Numa desnecessária, mas situacional comparação com o livro, posso dizer que o filme mantém com muita originalidade a essência do enredo, modificando alguns nomes e situações sem alterar a alma que habita todos esses momentos. E o curioso é que o livro também sofre uma considerável queda na segunda parte, assim como esta sua versão cinematográfica, mas aqui os tropeços são de outra ordem e falaremos a respeito disso mais adiante. Num primeiro momento, gostaria de estabelecer que concordo com uma das leituras mais recorrentes sobre o filme (não por acaso: porque é a mais óbvia), que aponta para uma representação do duplo, mas esse aspecto, a meu ver, se alia mais à ideia de simulacro, com a imitação de uma persona em outra numa teia de eventos que constantemente explora esses personagens como folhas levadas por um vento macabro e onírico (há inclusive uma excelente sequência na obra que destaca isso), perdidos no meio de um espaço geográfico que é uma força em si mesma, um moldador de reações. Concordo com Éric Rohmer quando classifica a obra como um “filme arquitetônico“, juntamente com Janela IndiscretaO Homem Que Sabia Demais.

O ponto de partida para o drama é uma investigação simples, quase ridícula em sua concepção (o marido preocupado com a mulher que apresenta comportamentos estranhos, supostamente manifestando a encarnação de uma ancestral), trazendo a criação de um padrão comportamental que foca em John ‘Scottie’ Ferguson (James Stewart) e Madeleine Elster (Kim Novak, que na segunda parte da fita também interpreta Judy). Ele com um problema de vertigem, manifestação de sua acrofobia; e ela fingindo ser alguém perdida e perturbada por memórias de outra vida, quando na verdade atuava como uma verdadeira femme fatale, representação que se altera quando a farsa chega ao fim e Judy entra em cena, atuando como uma dama em perigo que precisava se esquecer e fugir do que fez no passado. Eis aí todo o conjunto que marca a obra como um filme noir incomum, com pitadas de contos de fada e existencialismo.

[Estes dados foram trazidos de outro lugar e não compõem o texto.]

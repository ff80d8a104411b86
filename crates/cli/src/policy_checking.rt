//! Verdicts on paths whose certificate policies are processed.
ghost use Rattle.std.specs.Prelude.{◌≡◌, IfErr, IfOk};
ghost use Rattle.std.specs.Io.KnownBytes.{Appends};
ghost use Rattle.cli_failures.specs.Report.{UnlessLate};
ghost use Rattle.cli_words.specs.PolicyTexts.{seen_policy_words};
ghost use Rattle.cli_words.specs.QueryTexts.{seen_words};
ghost use Rattle.cli.specs.CheckedPolicies.{FailsToCheckPolicies, IsCheckedWithPolicies, IsFailureOfPolicyCheck};
ghost use Rattle.cli.specs.Host.{host};

use crate::at_path::AtPath;
use cli_answers::write_front;
use cli_failures::{Failure, Source};
use cli_steps::{PolicyVerdict, check_believing};
use cli_store::Stores;
use cli_words::{PolicyWords, QueryWords};
use relying_agreement::Verdict;
use sqlite_disk::Disk;
use std::alloc::Global;
use std::io::Write;
use std::marker::PhantomData;
use store::Store;

// The verdict that the words ask for.
fn check_policies_of_path<'a, D: Disk + Drop, S: Source + Stores<Store<D>>>(
    source: &S,
    alloc: Global,
    store: &'a str,
    verdicts: &'a str,
    query: &QueryWords<'a>,
    policies: &PolicyWords<'a>,
) -> Result<PolicyVerdict, Failure<'a>>
    ensures checked { IfOk result (IsCheckedWithPolicies (host S.holds S.places source.now)
        store.entry.now verdicts.entry.now (seen_words query.now)
        (seen_policy_words policies.now)) }
    ensures fails { IfErr result (IsFailureOfPolicyCheck (host S.holds S.places source.now)
        store.entry.now verdicts.entry.now (seen_words query.now)
        (seen_policy_words policies.now)) }
{
    let mut store: AtPath<'a, '_, D, S> = AtPath {
        source,
        path: store,
        disk: PhantomData,
    };
    check_believing(&mut store, source, alloc, verdicts, query, policies)
}

/// Writes the verdict on the path that the words name, by the statements that the store holds (RFC 5280, 6; RFC 6960, 3.2), with its
/// certificate policies processed (RFC 5280, 6.1): a line for the verdict, and unless it is invalid a line for each policy at the end of the
/// path.
pub fn check_with_policies<'a, D: Disk + Drop, S: Source + Stores<Store<D>>, O: Write>(
    source: &S,
    alloc: Global,
    store: &'a str,
    verdicts: &'a str,
    query: &QueryWords<'a>,
    policies: &PolicyWords<'a>,
    out: &mut O,
) -> Result<Verdict, Failure<'a>>
    ensures checked { IfOk result (λ verdict. (told : PolicyVerdict) × (told.verdict ≡ verdict)
        × IsCheckedWithPolicies (host S.holds S.places source.now)
        store.entry.now verdicts.entry.now (seen_words query.now)
        (seen_policy_words policies.now) told
        × Appends (O.contents out.old) (O.contents out.new) told.lines.items) }
    ensures fails { IfErr result (FailsToCheckPolicies (host S.holds S.places source.now)
        store.entry.now verdicts.entry.now (seen_words query.now) (seen_policy_words policies.now)
        (O.contents out.old) (O.contents out.new)) }
    ensures quiet { IfErr result (λ failure. UnlessLate failure (out.new ≡ out.old)) }
{
    let told = check_policies_of_path(source, alloc, store, verdicts, query, policies)?;
    match write_front(told.lines.as_slice(), out) {
        Ok(()) => Ok(told.verdict),
        Err(_) => Err(Failure::Unwritable),
    }
}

O plot criminoso se desenvolve às escondidas do público, numa farsa pseudo-sobrenatural onde nem mesmo o ceticismo do aposentado detetive é o bastante para afastar as suspeitas. E Hitchcock faz de tudo para fortalecer essa impressão, tirando da obra um realismo aparente e focando em um parâmetro claramente onírico, que se mostra para o espectador de diferentes formas visuais, desde os filtros e pontualíssimo trabalho de cores-de-identidade para cada cenário, realizado por Robert Burks, até o primeiro uso famoso do dolly zoom (como sempre, há polêmicas em torno de sua criação e estreia no cinema) para representar a vertigem de John. A intenção maior aqui é fazer com que o público sinta o afogamento simbólico do detetive nessa ideia de “outra vida“, com suas peregrinações majoritariamente silenciosas, acompanhadas pela trilha sombria de Bernard Herrmann, para depois fazer o público sentir o efeito contrário, a retomada de fôlego, o encontro com a sombria realidade e a transformação de alinhamento moral/comportamental dos protagonistas.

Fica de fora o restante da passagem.